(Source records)
|---|

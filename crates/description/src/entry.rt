// What a line enters.
ghost use Rattle.std.specs.Prelude.{◌≡◌};
ghost use Rattle.description.specs.Entries.{expected, number_in, energy_in, at_end, lone_number, activation_in, position_in, entry_for, is_ignored, entry_of};

use crate::keyword::Keyword;
use crate::numbers::{signed, unsigned};
use crate::problem::Fault;
use crate::words::split_word;
use charging::{Position, Role};
use pricing::Activation;

#[derive(Clone, Copy)]
pub enum Entry {
    ImbalanceKwh(i32),
    IndexPrice(i32),
    Downward(DirectionEntry),
    Upward(DirectionEntry),
    OfGroup(GroupEntry),
}

// What a line enters for one direction.
#[derive(Clone, Copy)]
pub enum DirectionEntry {
    Bid(i32),
    Activated(Activation),
}

// What a line enters for the group.
#[derive(Clone, Copy)]
pub enum GroupEntry {
    InternalPrice(i32),
    Member(Position),
}

// The number that was read of a word; an empty word is a missing one, and of any other this is the fault.
fn expected<N: Drop>(word: &[u8], number: Option<N>, fault: Fault) -> Result<N, Fault>
    ensures { result ≡ expected word.now number fault }
{
    if word.is_empty() {
        return Err(Fault::NumberMissing);
    }
    number.ok_or(fault)
}

fn read_number(word: &[u8]) -> Result<i32, Fault>
    ensures { result ≡ number_in word.now }
{
    expected(word, signed(word), Fault::NotNumber)
}

fn read_energy(word: &[u8]) -> Result<u32, Fault>
    ensures { result ≡ energy_in word.now }
{
    expected(word, unsigned(word), Fault::NotEnergy)
}

fn expect_end(rest: &[u8]) -> Result<(), Fault>
    ensures { result ≡ at_end rest.now tt }
{
    let (word, _) = split_word(rest);
    if word.is_empty() {
        Ok(())
    } else {
        Err(Fault::TooMuch)
    }
}

fn read_lone_number(rest: &[u8]) -> Result<i32, Fault>
    ensures { result ≡ lone_number rest.now }
{
    let (word, rest) = split_word(rest);
    let number = read_number(word)?;
    expect_end(rest)?;
    Ok(number)
}

fn read_activation(rest: &[u8]) -> Result<Activation, Fault>
    ensures { result ≡ activation_in rest.now }
{
    let (kwh_word, rest) = split_word(rest);
    let kwh = read_energy(kwh_word)?;
    let (price_word, rest) = split_word(rest);
    let price = read_number(price_word)?;
    expect_end(rest)?;
    Ok(Activation { kwh, price })
}

// Not one function with `read_activation`: the second words differ in type, and one closure more would make each call longer.
fn read_position(role: Role, rest: &[u8]) -> Result<Position, Fault>
    ensures { result ≡ position_in role rest.now }
{
    let (schedule_word, rest) = split_word(rest);
    let schedule_kwh = read_energy(schedule_word)?;
    let (reading_word, rest) = split_word(rest);
    let reading_kwh = read_energy(reading_word)?;
    expect_end(rest)?;
    Ok(Position {
        role,
        schedule_kwh,
        reading_kwh,
    })
}

fn read_after(keyword: Keyword, rest: &[u8]) -> Result<Entry, Fault>
    ensures { result ≡ entry_for keyword rest.now }
{
    let entry = match keyword {
        Keyword::Imbalance => Entry::ImbalanceKwh(read_lone_number(rest)?),
        Keyword::Index => Entry::IndexPrice(read_lone_number(rest)?),
        Keyword::DownBid => Entry::Downward(DirectionEntry::Bid(read_lone_number(rest)?)),
        Keyword::UpBid => Entry::Upward(DirectionEntry::Bid(read_lone_number(rest)?)),
        Keyword::Down => Entry::Downward(DirectionEntry::Activated(read_activation(rest)?)),
        Keyword::Up => Entry::Upward(DirectionEntry::Activated(read_activation(rest)?)),
        Keyword::Internal => Entry::OfGroup(GroupEntry::InternalPrice(read_lone_number(rest)?)),
        Keyword::Producer => Entry::OfGroup(GroupEntry::Member(read_position(
            Role::Producer,
            rest,
        )?)),
        Keyword::Consumer => Entry::OfGroup(GroupEntry::Member(read_position(
            Role::Consumer,
            rest,
        )?)),
    };
    Ok(entry)
}

fn ignored(word: &[u8]) -> bool
    ensures { result ≡ is_ignored word.now }
{
    matches!(word, [] | [b'#', ..])
}

// None where the line is ignored.
pub(crate) fn read_line(line: &[u8]) -> Result<Option<Entry>, Fault>
    ensures { result ≡ entry_of line.now }
{
    let (word, rest) = split_word(line);
    if ignored(word) {
        return Ok(None);
    }
    let keyword = Keyword::named(word).ok_or(Fault::UnknownKeyword)?;
    Ok(Some(read_after(keyword, rest)?))
}
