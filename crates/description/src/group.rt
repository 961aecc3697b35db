// The group that a description may list: its internal price and its members.
ghost use Rattle.std.specs.Prelude.{◌≡◌, ◌≤◌, length};
ghost use Rattle.sharing.specs.Verdict.{most_members};
ghost use Rattle.description.specs.Entries.{left};
ghost use Rattle.description.specs.Group.{listed, one_member_more, group_after, group_from};

use crate::entry::GroupEntry;
use crate::once;
use crate::problem::{Fault, Problem};
use charging::Position;
use sharing::MOST_MEMBERS;

// The members of a group, by their numbers: room for the largest group, filled in the order in which they come.
// An array and a count, since a quarter of an hour can be copied, and a vector of fixed room can not.
#[derive(Clone, Copy)]
pub struct Members {
    positions: [Position; MOST_MEMBERS],
    count: usize,
}

impl Default for Members {
    ghost use Rattle.description.specs.Group.{no_members};

    ghost is_default = { λ members. members ≡ no_members };

    fn default() -> Members {
        Members {
            positions: [Position::default(); MOST_MEMBERS],
            count: 0,
        }
    }
}

impl Members {
    fn enter(&mut self, position: Position) -> Result<(), Fault>
        ensures { left result self.new ≡ one_member_more self.old position }
    {
        if self.count >= MOST_MEMBERS {
            return Err(Fault::Repeated);
        }
        self.positions[self.count] = position;
        self.count += 1;
        Ok(())
    }

    // The members, by their numbers.
    pub fn positions(&self) -> &[Position]
        ensures members { result.now ≡ listed self.now }
        ensures few { length result.now ≤ most_members }
    {
        &self.positions[0..self.count.min(MOST_MEMBERS)]
    }
}

#[derive(Clone, Copy)]
pub struct Group {
    pub internal_price: i32,
    pub members: Members,
}

// What is known of the group so far.
#[derive(Default, Drop)]
pub struct GroupDraft {
    internal_price: Option<i32>,
    members: Members,
}

impl GroupDraft {
    pub(crate) fn enter(&mut self, entry: GroupEntry) -> Result<(), Fault>
        ensures { left result self.new ≡ group_after self.old entry }
    {
        match entry {
            GroupEntry::InternalPrice(price) => self.internal_price = once::given(
                self.internal_price,
                price,
            )?,
            GroupEntry::Member(position) => self.members.enter(position)?,
        }
        Ok(())
    }

    // None where no member is listed.
    pub(crate) fn group(self) -> Result<Option<Group>, Problem>
        ensures { result ≡ group_from self }
    {
        if self.members.count == 0 {
            return Ok(None);
        }
        let internal_price = self.internal_price.ok_or(Problem::NoInternalPrice)?;
        Ok(Some(Group {
            internal_price,
            members: self.members,
        }))
    }
}
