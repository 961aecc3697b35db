// What can be wrong with a description.
ghost use Rattle.std.specs.Prelude.{◌≡◌, Some};
ghost use Rattle.description.specs.Texts.{fault_text, problem_text};

use std::fmt;

// What is wrong with a line.
#[derive(Clone, Copy, PartialEq, Eq, Debug)]
pub enum Fault {
    UnknownKeyword,
    NumberMissing,
    NotNumber,
    NotEnergy,
    TooMuch,
    Repeated,
}

impl Fault {
    fn words(&self) -> &'static str
        ensures { result.now ≡ fault_text self.now }
    {
        match *self {
            Fault::UnknownKeyword => "unknown keyword",
            Fault::NumberMissing => "a number is missing",
            Fault::NotNumber => "not a whole number of at most nine digits",
            Fault::NotEnergy => "not an energy: at most nine digits and no sign",
            Fault::TooMuch => "more than the keyword takes",
            Fault::Repeated => "given once too often",
        }
    }
}

// Printed by hand, since what a derive prints is promised by no clause.
impl fmt::Display for Fault {
    ghost output = { λ fault. Some (fault_text fault) };

    fn fmt<W: fmt::Write>(&self, f: &mut fmt::Formatter<W>) -> fmt::Result {
        let words = self.words();
        write!(f, "{words}")
    }
}

#[derive(Clone, Copy, PartialEq, Eq, Debug)]
pub enum Problem {
    // lines are numbered from 1
    Line { number: usize, fault: Fault },
    NoImbalance,
    NoIndex,
    NoInternalPrice,
}

// Printed by hand for the same reason.
impl fmt::Display for Problem {
    ghost output = { λ problem. Some (problem_text problem) };

    fn fmt<W: fmt::Write>(&self, f: &mut fmt::Formatter<W>) -> fmt::Result {
        match *self {
            Problem::Line { number, fault } => write!(f, "line {number}: {fault}"),
            Problem::NoImbalance => write!(f, "no imbalance line"),
            Problem::NoIndex => write!(f, "no index line"),
            Problem::NoInternalPrice => write!(f, "no internal price line"),
        }
    }
}
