// What the lines of a description have entered so far.
ghost use Rattle.std.specs.Prelude.{◌≡◌};
ghost use Rattle.description.specs.Entries.{left};
ghost use Rattle.description.specs.Figures.{given_at, direction_after, draft_after, draft_after_line, at_line, activations_of, figures_from, quarter_from};

use crate::entry::{DirectionEntry, Entry, read_line};
use crate::group::{Group, GroupDraft};
use crate::once;
use crate::problem::{Fault, Problem};
use arrayvec::ArrayVec;
use pricing::{Activation, Activations, SystemFigures};

// The kinds of reserve, and so the most activations of one direction.
const RESERVES: usize = 3;

// A quarter of an hour: the system's figures, and the group where one is listed.
#[derive(Clone, Copy)]
pub struct Quarter {
    pub figures: SystemFigures,
    pub group: Option<Group>,
}

#[derive(Default, Drop)]
pub struct Draft {
    imbalance_kwh: Option<i32>,
    index: Option<i32>,
    downward: Direction,
    upward: Direction,
    group: GroupDraft,
}

// One direction, and its activations in the order in which they were given.
#[derive(Default, Drop)]
struct Direction {
    bid: Option<i32>,
    reserves: ArrayVec<Activation, RESERVES>,
}

fn given(reserves: &[Activation], number: usize) -> Activation
    ensures { result ≡ given_at reserves.now number }
{
    reserves.get(number).copied().unwrap_or_default()
}

impl Direction {
    fn enter(&mut self, entry: DirectionEntry) -> Result<(), Fault>
        ensures { left result self.new ≡ direction_after self.old entry }
    {
        match entry {
            DirectionEntry::Bid(price) => self.bid = once::given(self.bid, price)?,
            DirectionEntry::Activated(activation) => self
                .reserves
                .try_push(activation)
                .map_err(|_| Fault::Repeated)?,
        }
        Ok(())
    }

    fn activations(&self) -> Activations
        ensures { result ≡ activations_of self.now.reserves.items }
    {
        let reserves = self.reserves.as_slice();
        Activations {
            automatic: given(reserves, 0),
            manual: given(reserves, 1),
            replacement: given(reserves, 2),
        }
    }
}

impl Draft {
    fn enter(&mut self, entry: Entry) -> Result<(), Fault>
        ensures { left result self.new ≡ draft_after self.old entry }
    {
        match entry {
            Entry::ImbalanceKwh(kwh) => self.imbalance_kwh = once::given(self.imbalance_kwh, kwh)?,
            Entry::IndexPrice(price) => self.index = once::given(self.index, price)?,
            Entry::Downward(entry) => self.downward.enter(entry)?,
            Entry::Upward(entry) => self.upward.enter(entry)?,
            Entry::OfGroup(entry) => self.group.enter(entry)?,
        }
        Ok(())
    }

    fn enter_words(&mut self, line: &[u8]) -> Result<(), Fault>
        ensures { left result self.new ≡ draft_after_line self.old line.now }
    {
        match read_line(line)? {
            Some(entry) => self.enter(entry),
            None => Ok(()),
        }
    }

    // In place, since a draft has room for the largest group: to hand it on line by line would copy that room each time.
    pub(crate) fn enter_line(&mut self, number: usize, line: &[u8]) -> Result<(), Problem>
        ensures { left result self.new ≡ at_line number (draft_after_line self.old line.now) }
    {
        self.enter_words(line)
            .map_err(|fault| Problem::Line { number, fault })
    }

    fn figures(&self) -> Result<SystemFigures, Problem>
        ensures { result ≡ figures_from self.now }
    {
        let imbalance_kwh = self.imbalance_kwh.ok_or(Problem::NoImbalance)?;
        let index = self.index.ok_or(Problem::NoIndex)?;
        Ok(SystemFigures {
            imbalance_kwh,
            downward: self.downward.activations(),
            upward: self.upward.activations(),
            downward_bid: self.downward.bid,
            upward_bid: self.upward.bid,
            index,
        })
    }

    pub(crate) fn quarter(self) -> Result<Quarter, Problem>
        ensures { result ≡ quarter_from self }
    {
        let figures = self.figures()?;
        let group = self.group.group()?;
        Ok(Quarter { figures, group })
    }
}
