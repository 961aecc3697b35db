// Exact fractions: what a price is chosen from before it is rounded.
ghost use Rattle.std.specs.Prelude.{◌≡◌, pos, ◌*ℤ◌};
ghost use Rattle.rounding.specs.Nearest.{rounded as rounded_to};
ghost use Rattle.pricing.specs.Fractions.{at_most};

#[derive(Clone, Copy)]
pub struct Fraction {
    pub numerator: i64,
    pub denominator: u64,
}

// Each width has a product of its own: a trait over widths is no plainer.
fn product(factor: i64, times: u64) -> i128
    ensures { result ≡ factor *ℤ pos times }
{
    i128::from(factor) * i128::from(times)
}

// No PartialOrd: over a denominator of 0, which a caller may write, the comparison is no order.
impl Fraction {
    // Whether this one is at most the other, where both denominators are above 0.
    pub(crate) fn at_most(self, other: Fraction) -> bool
        ensures { result ≡ at_most self other }
    {
        product(self.numerator, other.denominator) <= product(other.numerator, self.denominator)
    }

    // The nearest whole number; none where the denominator is 0.
    pub fn rounded(self) -> Option<i64>
        ensures { result ≡ rounded_to self.numerator self.denominator }
    {
        rounding::rounded(self.numerator, self.denominator)
    }
}
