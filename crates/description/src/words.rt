// The words of a line.
ghost use Rattle.std.specs.Prelude.{◌≡◌};
ghost use Rattle.description.specs.Words.{is_blank, first_word, after_word};

fn is_blank(byte: u8) -> bool
    ensures { result ≡ is_blank byte }
{
    byte == b' ' || byte == b'\t' || byte == b'\r'
}

// The first word, empty where there is none, and what follows it.
pub(crate) fn split_word(bytes: &[u8]) -> (&[u8], &[u8])
    ensures word { result.0.now ≡ first_word bytes.now }
    ensures rest { result.1.now ≡ after_word bytes.now }
{
    let start = bytes.iter().position(|byte| !is_blank(*byte));
    let trimmed = &bytes[start.unwrap_or(bytes.len())..];
    let end = trimmed.iter().position(|byte| is_blank(*byte));
    trimmed.split_at(end.unwrap_or(trimmed.len()))
}
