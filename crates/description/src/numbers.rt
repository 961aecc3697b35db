// The numbers that a word may write.
ghost use Rattle.std.specs.Prelude.{◌≡◌, ◌^◌, ◌<◌, IfSome};
ghost use Rattle.description.specs.Numbers.{unsigned_number, signed_number};

const MOST_DIGITS: usize = 9;

pub(crate) fn unsigned(word: &[u8]) -> Option<u32>
    ensures value { result ≡ unsigned_number word.now }
    ensures small { IfSome result (λ n. n < 10 ^ 9) }
{
    if word.is_empty() || word.len() > MOST_DIGITS {
        return None;
    }
    let mut number = 0;
    for byte in word {
        if !byte.is_ascii_digit() {
            return None;
        }
        number = number * 10 + u32::from(*byte - b'0');
    }
    Some(number)
}

pub(crate) fn signed(word: &[u8]) -> Option<i32>
    ensures { result ≡ signed_number word.now }
{
    match word {
        [b'-', digits @ ..] => Some(-(unsigned(digits)? as i32)),
        _ => Some(unsigned(word)? as i32),
    }
}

|---|

» TASK BRIEF
Scan the data above, please, and give the number of lines where the word "factor" occurs, with no further text.

» RESPONSE TO THE EXERCISE
3